Their statement was blunt, to the point, and accurate — and completely ignored by the barbarians who considered the deaths of hundreds of thousands of children was “a price that was worth it.” The only honorable officials in the entire squalid sanctions horror were Halliday and von Sponeck, but of course they were reviled by those who knew well what effect the cruel sanctions would have and were having.
Oil for no food
Then there was the “Oil for Food” program, which was begun in 1996 and became one of the biggest scams of modern times. According to the BBC, the Oil for Food program “was a $60bn (£32bn) scheme which was supposed to allow Iraq to buy food, medicine, and other humanitarian supplies with the proceeds of regulated oil sales, without breaking the sanctions imposed on it after its 1990 invasion of Kuwait.” Actually, it was a license for fraud and embezzlement and proved most lucrative to all sorts of lowlifes who profited from a government plan that purported to alleviate misery.
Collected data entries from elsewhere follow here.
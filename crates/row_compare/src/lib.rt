//! The rows that differ between two lists of rows, table by table: both lists are gone through once,
//! side by side.
#![tactic(auto)]

mod compare;
mod front;
mod tables;

pub use compare::changes_between;
pub use tables::{group_changes, host_changes, l2_changes, route_changes};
Instead of trying to alleviate starvation and disease, the sanctions administrators deliberately stalled on approving Oil for Food arrangements. The UN found that it took an average of 66 days for agreement to be reached on contracts and a further 59 days for food to be delivered. The intention was clear: no matter the desperate plight of children in Iraq, the sanctions would continue to be imposed with the utmost severity.
In spite of criminality and willful disruption of food and medical supplies, the child mortality rate declined as a result of the Oil for Food program. This was no thanks to such agencies as Britain’s Department of Trade and Industry, which prevented diphtheria and yellow-fever vaccines from being sent to Iraq, claiming that they could be used to make weapons of mass destruction.
In 1997, according to UNICEF, 25 percent of children under five were severely malnourished. They were especially vulnerable to water-borne diseases, such as typhoid and cholera, that were unknown in Iraq before the Gulf War of 1991.
To end this sad tale of death and despair on Iraq, the words of the honorable Dennis Halliday are appropriate. Sanctions, he said,
do not impact on governance effectively and instead [they damage] the innocent people of the country…. For me what is tragic, in addition to the tragedy of Iraq itself, is the fact that the United Nations Security Council member states … are maintaining a program of economic sanctions deliberately, knowingly killing thousands of Iraqis each month. And that definition fits genocide.